Oh and from the same page:
- Don’t include wedding photos or use photo cards if it will delay sending the note.
Post # 9
@Over the Moon: Well, thank you for the info. I was going by the old-school Emily Post stuff. However, glad to see things have changed now.
I’m just not into this topic enough to look up the old rule and post it here, though, lol . . .
And, I completely agree that the most polite thing to do is go ahead and write the thank you notes asap.
Post # 10
I just bought some cute, generic thank-yous for all of the gifts we received before the wedding. Gifts from the wedding got the photo thank-you card.
Post # 11
I prefer to send thank you cards right after recieving a gift. We got some gifts already and we just went out a bought some thank you cards that we liked. We’re planning on ordering some for after the wedding as well, but I wanted to send the thank you notes right away, rather than wait.
Post # 12
It’s so refreshing to see that some people still care about sending hand-written, personal thank you notes. I can’t tell you how many times I’ve sent gifts, for any occasion, or taken one to a wedding, but never heard anything back. This is really nice!
Post # 13
@Sunfire: I don’t know how far back you’re going, but the original, 1922 edition of Etiquette has this to say, below. I don’t mean to harp on this but I see this one-year thing tossed around as fact and I don’t know where the origin of it is, as I find it hard to believe Emily Post would ever say people have a year to write a simple expression of thanks (but if I’m wrong, I would genuinely love to know).
THE BRIDE’S THANKS
The bride who is happy in receiving a great number of presents spends every spare moment in writing her notes of thanks, which must always be written by her personally. Telephoning won’t do at all, and neither will a verbal “Thank you so much,” as she meets people here and there. She must write a separate letter for each present—a by no means small undertaking! A bride of this year whose presents, because of her family’s great prominence, ran far into the hundreds, never went to bed a single night before her wedding until a note of thanks was checked against every present received that day. To those who offered to help her through her overwhelming task, she, who is supposed to be very spoiled, answered: “If people are kind enough to go out and buy a present for me, I think the least I can do is to write at once and thank them.” That her effort was appreciated was evident by everyone’s commenting on her prompt and charming notes.

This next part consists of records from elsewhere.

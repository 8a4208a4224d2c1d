//! What only a vector in a lent slice has.
ghost use Rattle.std.specs.Prelude.{◌≡◌, ◌<◌, ◌≤◌, ◌-◌, ◌↔◌, ◌++◌, [], length, take, drop, reverse, List, IsSome};
ghost use Rattle.std.specs.Prelude.{IfSome, IsOk, OnOk, IfErr};
ghost use Rattle.std.specs.List.{AppendsResults};
ghost use Rattle.std.specs.Borrow.{sem};
ghost use Rattle.tinyvec_slots.specs.Slots.{split_at};
ghost use Rattle.tinyvec_slots.specs.Filling.{IteratesMut};
ghost use Rattle.tinyvec_slots.specs.Clones.{ResizesByClones, CutsToClones};
ghost use Rattle.tinyvec_array.specs.ArrayVec.{SameLender};
ghost use Rattle.tinyvec_array.specs.SliceVec.{slice_view, slice_items, slice_spare, slice_slots, slice_name};
ghost use Rattle.tinyvec_array.specs.Making.{lends_array};

use crate::{ArrayVec, NoMemory, SliceVec, Slots};
use std::{mem, slice};

impl<'s, T: Drop> ArrayVec<&'s mut [T]> {
    /// A vector whose list is the first `len` slots of the slice. The others are its spare slots.
    pub fn from_slice_len(slice: &'s mut [T], len: usize) -> Self
        requires { len ≤ length slice.old }
        ensures same_reference { slice_name result ≡ slice.entry.ghost_name }
        ensures value { slice_view result ≡ split_at len slice.old }
        ensures items { slice_items result ≡ take len slice.old }
        ensures spare { slice_spare result ≡ drop len slice.old }
    {
        ArrayVec { len, slots: slice }
    }

    /// A full vector, whose list is the whole slice. An array can be passed as `&mut array`.
    pub fn from_slice(slice: &'s mut [T]) -> Self
        ensures same_reference { slice_name result ≡ slice.entry.ghost_name }
        ensures value { slice_view result ≡ split_at (length slice.old) slice.old }
        ensures items { slice_items result ≡ slice.old }
    {
        let len = slice.len();
        Self::from_slice_len(slice, len)
    }

    /// A vector whose list is the first `len` slots of the slice. `None` if the slice is too short; it is then
    /// unchanged. Limitation: the owner's proof learns neither; compare the lengths, and call `from_slice_len`.
    pub fn try_from_slice_len(slice: &'s mut [T], len: usize) -> Option<Self>
        ensures some { IsSome result ↔ (len ≤ length slice.old) }
        ensures same_reference { IfSome result (λ v. slice_name v ≡ slice.entry.ghost_name) }
        ensures value { IfSome result (λ v. slice_view v ≡ split_at len slice.old) }
    {
        if len > slice.len() {
            return None;
        }
        Some(Self::from_slice_len(slice, len))
    }

    /// The slots, spare slots too.
    pub fn as_inner(&self) -> &[T]
        ensures { result.now ≡ slice_slots self.now }
    {
        self.slots.as_slice()
    }

    /// The slots, spare slots too, for writing. Limitation: the owner's proof does not learn what is written; use
    /// `as_mut_slots`.
    pub fn as_mut_inner(&mut self) -> &mut [T]
        ensures value { result.now ≡ slice_slots self.old }
    {
        self.as_mut_slots()
    }

    /// Splits the slots at `at`. The vector keeps the slots before `at`, all in its list; the result has the later
    /// items and all spare slots. No slot is written. Limitation: the owner's proof does not learn which part is where;
    /// split `as_mut_slots()` by `split_at_mut` and make a vector over each part instead.
    pub fn split_off(&mut self, at: usize) -> SliceVec<'s, T>
        requires { at ≤ length (slice_items self.old) }
        ensures items { slice_items self.new ≡ take at (slice_items self.old) }
        ensures full { slice_spare self.new ≡ [] }
        ensures tail { slice_items result ≡ drop at (slice_items self.old) }
        ensures tail_spare { slice_spare result ≡ slice_spare self.old }
    {
        let len = self.len();
        let slots = mem::take(&mut self.slots);
        let (first, second) = slots.split_at_mut(at);
        self.slots = first;
        self.len = at;
        ArrayVec {
            len: len - at,
            slots: second,
        }
    }

    /// Truncates the list to `new_len` items, or fills it up with clones of `value`. On failure `value` is returned. Only
    /// clones allocate. The slots that a cut vacates are filled with clones of `value` too, the last slot first.
    pub fn resize(&mut self, new_len: usize, value: T) -> Result<(), NoMemory<T>>
    where
        T: Clone,
        requires room { new_len ≤ length (slice_slots self.old) }
        ensures lender { SameLender ⟦<&'s mut [T] as Slots>⟧ self.old self.new }
        ensures len { OnOk result (length (slice_items self.new) ≡ new_len) }
        ensures grown { length (slice_items self.old) < new_len
            → ResizesByClones T.Clone new_len value result (slice_view self.old) (slice_view self.new) }
        ensures cut { new_len ≤ length (slice_items self.old)
            → CutsToClones T.Clone new_len value result (slice_view self.old) (slice_view self.new) }
        ensures value_returned { IfErr result (λ refused. refused.0 ≡ value) }
        ensures succeeds { T.is_infallible value → IsOk result }
    {
        self.resize_by_clones(new_len, value)
    }

    /// Truncates the list to `new_len` items, or fills it up with what `f` returns. The slots that a cut vacates are
    /// filled with what `f` returns too, the last slot first. Calls `f` once for each of these slots.
    pub fn resize_with<F: FnMut() -> T>(&mut self, new_len: usize, mut f: F)
        requires room { new_len ≤ length (slice_slots self.old) }
        requires callable { F.IsAlwaysCallable f }
        ensures lender { SameLender ⟦<&'s mut [T] as Slots>⟧ self.old self.new }
        ensures len { length (slice_items self.new) ≡ new_len }
        ensures grown { length (slice_items self.old) ≤ new_len
            → AppendsResults F.step (slice_items self.old) (slice_items self.new) f
            × (slice_spare self.new ≡ drop (new_len - length (slice_items self.old)) (slice_spare self.old)) }
        ensures cut { new_len ≤ length (slice_items self.old) → (slice_items self.new ≡ take new_len (slice_items self.old))
            × ((ys : List T) × AppendsResults F.step [] ys f × (length ys ≡ length (slice_items self.old) - new_len)
            × (slice_spare self.new ≡ reverse ys ++ slice_spare self.old)) }
    {
        self.resize_by_answers(new_len, &mut f);
    }
}

impl<'s, T: Drop> Default for ArrayVec<&'s mut [T]> {
    ghost is_default = { λ v. slice_view v ≡ split_at 0 [] };

    /// A vector over no slots.
    fn default() -> Self {
        ArrayVec {
            len: 0,
            slots: &mut [],
        }
    }
}

impl<'s, T: Drop> From<&'s mut [T]> for ArrayVec<&'s mut [T]> {
    ghost from_gives = { λ slice v. (slice_name v ≡ slice.ghost_name) × (slice_view v ≡ split_at (length slice.now) slice.now) };

    /// A full vector, whose list is the whole slice.
    fn from(slice: &'s mut [T]) -> Self {
        Self::from_slice(slice)
    }
}

impl<'s, T: Drop, const N: usize> From<&'s mut [T; N]> for ArrayVec<&'s mut [T]> {
    ghost from_gives = { λ array v. slice_view v ≡ split_at (length array.now) array.now };

    /// A full vector, whose list is the whole array. Limitation: the owner's proof does not learn what the vector did;
    /// use `from_slice` or `from_slice_len`.
    fn from(array: &'s mut [T; N]) -> Self
        ensures* writes_back { sem 𝓛 (lends_array T.row N array.entry result) }
        ensures value { slice_view result ≡ split_at (length array.old) array.old }
    {
        Self::from_slice(array.as_mut_slice())
    }
}

impl<'s, T: Drop> IntoIterator for ArrayVec<&'s mut [T]> {
    type Item = &'s mut T;

    type IntoIter = slice::IterMut<'s, T>;

    ghost into_iter_gives = { λ v it. IteratesMut (slice_items v) it };

    /// The items of the list for writing, without the spare slots. Limitation: the owner's proof does not learn what is
    /// written; loop over `v.iter_mut()` instead.
    fn into_iter(self) -> slice::IterMut<'s, T> {
        let len = self.len();
        let ArrayVec { len: _, slots } = self;
        let (front, _spare) = slots.split_at_mut(len);
        front.iter_mut()
    }
}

Notes of thanks can be very short, but they should be written with as little delay as possible. When a present is sent by a married couple, the bride writes to the wife and thanks both: “Thank you for the lovely present you and Mr. Jones sent me.”
Post # 14
I’m thinking that I would write and send the thank yous after the wedding, perhaps I am wrong?
My thought was that I might have more to say to them after the wedding, that the thank you is for attending and the gift as well? I’d love to get a head start on thank-yous but I’m not sure that will make as much sense as waiting until after.
Post # 15
@Costa Rica Bride: Agreeing with what PPs have said about sending the note asap. However, if you really want them to have a copy of your special picture, I don’t think it would be out of line for you to send them another note after the wedding, using the special card, simply thanking them for attending.
Post # 16
@abbie017: I don’t buy the one year to send thank you cards rule; I think it’s lazy, unless there’s some really valid reason to do so.
OP, I know you wanted to send out nicer cards, but I’d send one now if I were you.